August non-farm payrolls rose just 22k, well below the 75k consensus; three-month average is now 29k. The unemployment rate rose to 4.3%, breaking above its range of the last 15 months/ Payrolls also softened between the July and September 2024 FOMC meetings, resulting in a 50bps cut, Standard Chartered’s economists John Davies and Steve Englander report.
From ‘solid’ to soft in less than six weeks
“The US labour-market report for August was softer than expected. Headline non-farm payrolls rose just 22k, versus the 75k consensus. Average weekly hours and y/y hourly earnings were also below consensus, and the unemployment rate rose to 4.3%, breaking above its range of the last 15 months to a level last seen during the post-COVID recovery in 2021. While Fed Chair Powell was still describing the labour market as “solid” as recently as the 30 July FOMC, his stance had clearly changed by his Jackson Hole speech on 22 August. We think the August labour-market data has opened the door to a ‘catch-up’ 50bps rate cut at the September FOMC meeting, just as it did this time last year (we previously expected a 25bps cut).”
“Fed rate-cut pricing, now at 28-29bps for September, has yet to shift firmly in that direction.
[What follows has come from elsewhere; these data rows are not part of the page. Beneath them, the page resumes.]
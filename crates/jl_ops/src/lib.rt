//! The rows of instructions that ask for no class: constants, locals, stacks, arithmetic, branches, arrays, and how a
//! method is left (JVMS 6.5).
#![tactic(auto)]

mod arithmetic;
mod arrays;
mod branches;
mod decoding;
mod executing;
mod frame_rows;
mod law;
mod leaving;
mod locals;
mod messages;
mod operands;
mod places;
mod row;
mod stacks;
mod stop;
mod type_letters;

pub use arrays::{Array, array_at, array_with, index_in};
pub use decoding::{is_plain, row_of};
pub use executing::{exec_instr, exec_plain, instr_at, stands_at_plain};
pub use law::{each_opcode_is_shared_out, rows_keep_names};
pub use messages::end_of;
pub use operands::{
    int_under, need_room, no_room, pop_value, put_value, ref_under, value_slots, value_under,
    wanted,
};
pub use places::next_place;
pub use row::{
    ArrayRow, Condition, Elements, FrameRow, IntOp, IntType, LongOp, Row, Shift, StackOp, Test,
};
pub use stop::Stop;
We recognise that we are moving early, but we expect preliminary revisions to employment data for April 2024 to March 2025 (due next week) to support our 50bps call. We maintain our view that headline payrolls and unemployment data underplay the degree of labour-market softening given distortions from the birth-death adjustment and the more clear-cut decline in the employment-population ratio. We still doubt that the growth and inflation backdrop will allow for further easing beyond September, but after an initial 50bps cut, it could take time for the market to price in a slower subsequent pace of cuts.”